Disclosure of information towards external investors.
o Compete better for scarce innovation talent.
Advantage in bidding for these services, given the imperfect market for
entrepreneurial talent.
Negative effects
Additional leisure is seen as more attractive than additional profits. (X-inefficiency)
The firm may be more concerned with protecting its current monopoly position than
to build a new one.
, The economic incentive to innovate, is the difference between post-innovation rents
and pre-innovation rents. It’s the difference between profits new product and profits
from older products that get obsolete because new product.
1.2.2 Patterns underlying successful innovation.
Difference between technology-push (TP) and demand-pull (DP)
Technology-push (TP)
Innovations rooted in scientific research.
o Despite the fact that the market for innovation may be unclear.
E.g., hovercraft, nylon, microwave, laser etc.
Demand-pull (DP)
Innovations as response to a real or perceived need.
E.g., the Braille system, the kaizen production technology, microcredit etc.
Technology-push versus demand-pull
The role of customer needs in innovation is often to select the dominant design from
the range of knowledge-push possibilities.
Demand is a crucial component in order to direct the trajectory.
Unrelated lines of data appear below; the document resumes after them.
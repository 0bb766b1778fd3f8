//! What holds of sessions in which the receiver drops chunks too (`Receiver::discard`, RFC 9260 6.2, 6.5): those of a stream that is not
//! open, or of a message that is too long. A TSN counts as come then, and its chunk is not kept: so its message is never read.
//!
//! Not said here: in which order messages are read, that each is read in the end, and that a chunk in flight is not refused. Where ordered
//! chunks are dropped without end on one stream, stream sequence numbers wrap behind the one for which the receiver waits.

ghost use Rattle.std.specs.Prelude.{◌^◌};
ghost use Rattle.sctp_delivery.specs.Discards.{AcknowledgedCameSo, AfterEachWithDiscards, AfterEachWithDiscardsOfFewTsns, LeftCameSo, ReleasedCameSo, ReportWhatCameSo, WhileFewerTsnsWithDiscards};
ghost use Rattle.sctp_delivery.specs.Messages.{AreWrites, AreWritesOfTheirOwn, NoneIsReadTwice};
ghost use Rattle.sctp_delivery.specs.Rounds.{CanBeAnswered};
ghost use Rattle.sctp_delivery.specs.Sacks.{AllReportedLeaves, EachSackTells, NoneIsRefused, NoneIsTakenTwice, PassAbandoned, StaysAcknowledged};
ghost use Rattle.sctp_delivery.specs.Session.{AreMade, AreMessages, IsAccounted};

/// Each byte that was written waits, is in flight, or was answered as gone; and each message that is read is whole and of one message,
/// and each of its fragments is a chunk that the sender made.
pub fn whatever_is_dropped_bytes_and_fragments_are_accounted_for()
    ensures bytes { AfterEachWithDiscards IsAccounted }
    ensures made { AfterEachWithDiscards AreMade }
    ensures whole { AfterEachWithDiscards AreMessages }
{}

/// Each message that is read is one that was written, on the stream that it is read on, with its payload type and byte for byte, while the
/// sender has given out fewer than 2^32 TSNs; and no write is read twice, while it has given out fewer than 2^31.
pub fn whatever_is_dropped_messages_are_writes()
    ensures written { WhileFewerTsnsWithDiscards (2 ^ 32) AreWrites }
    ensures tsns { AfterEachWithDiscardsOfFewTsns (λ first count calls s. NoneIsReadTwice s) }
    ensures own { WhileFewerTsnsWithDiscards (2 ^ 31) AreWritesOfTheirOwn }
{}

/// While the sender has given out fewer than 2^31 TSNs: the receiver can make a SACK at any time, and the sender refuses none of them.
/// A SACK reports, a chunk in flight is acknowledged, and one leaves, only where the receiver took the chunk or dropped it, or a
/// FORWARD-TSN went past it. A SACK leaves out nothing that was taken. One that has the last TSN as its cumulative one leaves nothing in
/// flight; and no TSN is taken twice.
pub fn whatever_is_dropped_sacks_tell_what_came()
    ensures can { AfterEachWithDiscardsOfFewTsns (λ first count calls s. CanBeAnswered s) }
    ensures refused { AfterEachWithDiscardsOfFewTsns (λ first count calls s. NoneIsRefused s) }
    ensures reported { AfterEachWithDiscardsOfFewTsns ReportWhatCameSo }
    ensures told { AfterEachWithDiscardsOfFewTsns (λ first count calls s. EachSackTells s) }
    ensures came { AfterEachWithDiscardsOfFewTsns
        (λ first count calls s. AcknowledgedCameSo calls s) }
    ensures released { AfterEachWithDiscardsOfFewTsns
        (λ first count calls s. ReleasedCameSo calls s) }
    ensures left { AfterEachWithDiscardsOfFewTsns
        (λ first count calls s. LeftCameSo first calls s) }
    ensures passed { AfterEachWithDiscardsOfFewTsns (λ first count calls s. PassAbandoned s) }
    ensures stays { AfterEachWithDiscardsOfFewTsns (λ first count calls s. StaysAcknowledged s) }
    ensures all { AfterEachWithDiscardsOfFewTsns (λ first count calls s. AllReportedLeaves s) }
    ensures once { AfterEachWithDiscardsOfFewTsns (λ first count calls s. NoneIsTakenTwice s) }
{}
Technology innovation is a complex process where opportunities arise from both
technology and the market.
Small versus large firms
2nd Schumpeterian hypothesis: large firms are more innovative than small firms.
Reasons for economies of scale in R&D
Spillovers due to more interaction possibilities.
o Increases specialization.
o Easier recognition of the importance of serendipitous discoveries.
Superior ability to exploit the output of R&D.
o Large firms can better exploit R&D discoveries due to their ability to enter a
new market.
o Large multiproduct firms can diversify R&D efforts to make better use of R&D
resources.
Cons large firms
Unexpected findings being overlooked more easily.
Lower motivation of researchers.
Pros small firms
Small firm innovation is twice as closely linked to scientific research as large firm
innovation.
High-value innovations.
Employees of small firms 13x more innovative than large firms.